> **TASK DIRECTIONS**: Among the records that follow, find each line holding the word "once" and copy it.

> **ENTRIES PROVIDED**:
// What an outline weighs once its calls are replaced.
ghost use Rattle.std.specs.Prelude.{◌≡◌, [], ◌∷◌, map, drop, length, slice_get, slice_index, IfOk};
ghost use Rattle.std.specs.Option.{option_copied};
ghost use Rattle.operator_faults.specs.Sketches.{of_operator};
ghost use Rattle.written_sizes.specs.Arithmetic.{limited};
ghost use Rattle.written_sizes.specs.Weights as meant;

use crate::form::{Form, Share};
use crate::measure::{Measure, add, alone, factor, multiply};
use operator_faults::calls::operator_of;
use operator_faults::{Outline, What};
use sqlite_items::Items;
use std::alloc::{AllocError, Global};
use vtl_syntax::words::Sort;
use vtl_syntax::{DefinedOperator, Param};
use vtl_values::Word;

// ---- what counts

fn unit_of(share: Share) -> u64
    ensures { result ≡ meant.unit_of share }
{
    match share {
        Share::Own => 1,
        Share::Of(_) => 0,
    }
}

/// The number of the first parameter of that name.
fn number_in(params: &[Param], name: &Word) -> Option<usize>
    ensures { result ≡ meant.number_in params.now name.now }
{
    params.iter().position(|param| param.name == *name)
}

/// What a name weighs.
fn name_weight(params: &[Param], share: Share, name: &Word) -> u64
    ensures { result ≡ meant.name_weight params.now share name.now }
{
    match (share, number_in(params, name)) {
        (Share::Own, None) => 1,
        (Share::Own, Some(_)) => 0,
        (Share::Of(_), None) => 0,
        (Share::Of(i), Some(j)) => u64::from(j == i),
    }
}

/// What stands there without parts.
fn start(measure: Measure, unit: u64, what: &What) -> u64
    ensures { result ≡ meant.start (limited measure) measure unit what.now }
{
    multiply(measure, alone(measure, what), unit)
}

/// An expression that has to be of the sort.
fn typed(measure: Measure, unit: u64, sort: Sort, weight: u64) -> u64
    ensures { result ≡ meant.typed (limited measure) measure unit sort weight }
{
    match sort {
        Sort::Dataset => weight,
        Sort::Integer => plain(measure, unit, weight),
        Sort::Number => plain(measure, unit, weight),
        Sort::Text => plain(measure, unit, weight),
        Sort::Truth => plain(measure, unit, weight),
    }
}

fn plain(measure: Measure, unit: u64, weight: u64) -> u64
    ensures { result ≡ meant.node (limited measure) measure unit What.Plain (weight ∷ []) }
{
    let what = What::Plain;
    let parts = add(measure, start(measure, unit, &what), weight);
    multiply(measure, factor(measure, &what), parts)
}

fn returned(measure: Measure, unit: u64, returns: Option<Sort>, weight: u64) -> u64
    ensures { result ≡ meant.returned (limited measure) measure unit returns weight }
{
    match returns {
        Some(sort) => typed(measure, unit, sort, weight),
        None => weight,
    }
}

fn argument(measure: Measure, unit: u64, param: Option<&Param>, weight: u64) -> u64
    ensures { result ≡ meant.argument (limited measure) measure unit (option_copied param.entry) weight }
{
    match param {
        Some(param) => typed(measure, unit, param.sort, weight),
        None => weight,
    }
}

// ---- forms

/// The form of the first operator of that name.
fn form_of<'a>(operators: &[DefinedOperator], forms: &'a [Form], name: &Word) -> Option<&'a Form>
    ensures { option_copied result ≡ meant.form_of operators.now forms.now name.now }
{
    for (i, operator) in operators.iter().enumerate() {
        if operator.name == *name {
            return form_at(forms, i);
        }
    }
    None
}

fn form_at(forms: &[Form], number: usize) -> Option<&Form>
    ensures { option_copied result ≡ slice_get forms.now number }
{
    forms.get(number)
}

/// A call that stays.
fn staying(measure: Measure) -> u64
    ensures { result ≡ meant.staying measure }
{
    match measure {
        Measure::Expressions => 1,
        Measure::Levels => 2,
    }
}

fn own_of(measure: Measure, form: Option<&Form>) -> u64
    ensures { result ≡ meant.own_of measure (option_copied form.entry) }
{
    match form {
        Some(form) => form.own,
        None => staying(measure),
    }
}

fn times_of(measure: Measure, form: Option<&Form>, number: usize) -> u64
    ensures { result ≡ meant.times_of measure (option_copied form.entry) number }
{
    match form {
        Some(form) => time_at(form.times.as_slice(), number),
        None => staying(measure),
    }
}

fn time_at(times: &[u64], number: usize) -> u64
    ensures { result ≡ slice_index times.now number }
{
    match times.get(number) {
        Some(times) => *times,
        None => 0,
    }
}

fn all_times(form: Option<&Form>) -> &[u64]
    ensures { result.now ≡ meant.all_times (option_copied form.entry) }
{
    match form {
        Some(form) => form.times.as_slice(),
        None => &[],
    }
}

fn param_at(params: &[Param], number: usize) -> Option<&Param>
    ensures { option_copied result ≡ slice_get params.now number }
{
    params.get(number)
}

fn params_of(operator: Option<&DefinedOperator>) -> &[Param]
    ensures { result.now ≡ meant.params_of (option_copied operator.entry) }
{
    match operator {
        Some(operator) => operator.params.as_slice(),
        None => &[],
    }
}

fn returns_of(operator: Option<&DefinedOperator>) -> Option<Sort>
    ensures { result ≡ meant.returns_of (option_copied operator.entry) }
{
    match operator {
        Some(operator) => operator.returns,
        None => None,
    }
}

/// What is left of a list from that number on.
fn rest_of(times: &[u64], from: usize) -> &[u64]
    ensures { result.now ≡ drop from times.now }
{
    if from <= times.len() {
        times.split_at(from).1
    } else {
        &[]
    }
}

/// With the names of parameters that have no argument.
fn with_names(measure: Measure, unit: u64, weight: u64, times: &[u64]) -> u64
    ensures { result ≡ meant.with_names (limited measure) unit weight times.now }
{
    let mut total = weight;
    for n in times {
        total = add(measure, total, multiply(measure, *n, unit));
    }
    total
}

// ---- outlines

/// What the outline weighs, or the share of a parameter in it, once its calls are replaced: those of operators that have a
/// form by it, and the others stay. It costs the outline's size.
#[cycle(weigh)]
pub(crate) fn weight(
    measure: Measure,
    operators: &[DefinedOperator],
    forms: &[Form],
    params: &[Param],
    share: Share,
    outline: &Outline,
) -> u64
    ensures { result ≡ meant.weight (limited measure) measure operators.now forms.now params.now share outline.now }
{
    match &outline.what {
        What::Name(site) => name_weight(params, share, &site.name),
        What::Call(call) => call_weight(
            measure,
            operators,
            forms,
            params,
            share,
            &call.name,
            outline.parts.as_slice(),
        ),
        What::Plain => node(measure, operators, forms, params, share, outline),
        What::Level => node(measure, operators, forms, params, share, outline),
        What::Inside => node(measure, operators, forms, params, share, outline),
        What::InsideJoin => node(measure, operators, forms, params, share, outline),
    }
}

/// What stands above its parts.
#[cycle(weigh)]
fn node(
    measure: Measure,
    operators: &[DefinedOperator],
    forms: &[Form],
    params: &[Param],
    share: Share,
    outline: &Outline,
) -> u64
    ensures { result ≡ meant.node_weight (limited measure) measure operators.now forms.now params.now share outline.now }
{
    let parts = outline.parts.as_slice();
    let mut total = start(measure, unit_of(share), &outline.what);
    for part in parts {
        let of_part = weight(measure, operators, forms, params, share, part);
        total = add(measure, total, of_part);
    }
    multiply(measure, factor(measure, &outline.what), total)
}

/// What a call with these arguments becomes.
#[cycle(weigh)]
fn call_weight(
    measure: Measure,
    operators: &[DefinedOperator],
    forms: &[Form],
    params: &[Param],
    share: Share,
    name: &Word,
    arguments: &[Outline],
) -> u64
    ensures { result ≡ meant.call_weight (limited measure) measure (meant.unit_of share) operators.now forms.now name.now (map (meant.weight (limited measure) measure operators.now forms.now params.now share) arguments.now) }
{
    let operator = operator_of(operators, name);
    let form = form_of(operators, forms, name);
    let wanted = params_of(operator);
    let unit = unit_of(share);
    let mut total = multiply(measure, own_of(measure, form), unit);
    for (i, part) in arguments.iter().enumerate() {
        let of_part = weight(measure, operators, forms, params, share, part);
        let of_argument = argument(measure, unit, param_at(wanted, i), of_part);
        let in_call = multiply(measure, times_of(measure, form, i), of_argument);
        total = add(measure, total, in_call);
    }
    let all = with_names(
        measure,
        unit,
        total,
        rest_of(all_times(form), arguments.len()),
    );
    returned(measure, unit, returns_of(operator), all)
}

// ---- the forms of operators

/// The form of an operator with these parameters and this body, or want of memory.
fn form(
    alloc: Global,
    measure: Measure,
    operators: &[DefinedOperator],
    forms: &[Form],
    params: &[Param],
    body: &Outline,
) -> Result<Form, AllocError>
    ensures { IfOk result (λ form. form ≡ meant.form (limited measure) measure operators.now forms.now params.now body.now) }
{
    let mut times = Items::new(alloc);
    for i in 0..params.len() {
        times.push(weight(measure, operators, forms, params, Share::Of(i), body))?;
    }
    Ok(Form {
        own: weight(measure, operators, forms, params, Share::Own, body),
        times,
    })
}

/// The forms with one more call inside each other.
fn next_forms(
    alloc: Global,
    measure: Measure,
    operators: &[DefinedOperator],
    bodies: &[Outline],
    forms: &[Form],
) -> Result<Items<Form>, AllocError>
    requires { bodies.now ≡ map of_operator operators.now }
    ensures { IfOk result (λ next. next ≡ meant.next_forms (limited measure) measure operators.now forms.now) }
{
    let mut next = Items::new(alloc);
    for (i, operator) in operators.iter().enumerate() {
        if let Some(body) = outline_at(bodies, i) {
            let params = operator.params.as_slice();
            next.push(form(alloc, measure, operators, forms, params, body)?)?;
        }
    }
    Ok(next)
}

fn outline_at(outlines: &[Outline], number: usize) -> Option<&Outline>
    ensures { option_copied result ≡ slice_get outlines.now number }
{
    outlines.get(number)
}

/// The forms of all operators, of which `bodies` are the outlines of their bodies, or want of memory. It costs the size of
/// the bodies and of their parameters, times the number of operators.
pub(crate) fn forms_of(
    alloc: Global,
    measure: Measure,
    operators: &[DefinedOperator],
    bodies: &[Outline],
) -> Result<Items<Form>, AllocError>
    requires { bodies.now ≡ map of_operator operators.now }
    ensures { IfOk result (λ forms. forms ≡ meant.forms (limited measure) measure operators.now (length operators.now)) }
{
    let mut forms = Items::new(alloc);
    for _round in 0..operators.len() {
        forms = next_forms(alloc, measure, operators, bodies, forms.as_slice())?;
    }
    Ok(forms)
}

> **TASK ANSWER**:
// What an outline weighs once its calls are replaced.
/// What the outline weighs, or the share of a parameter in it, once its calls are replaced: those of operators that have a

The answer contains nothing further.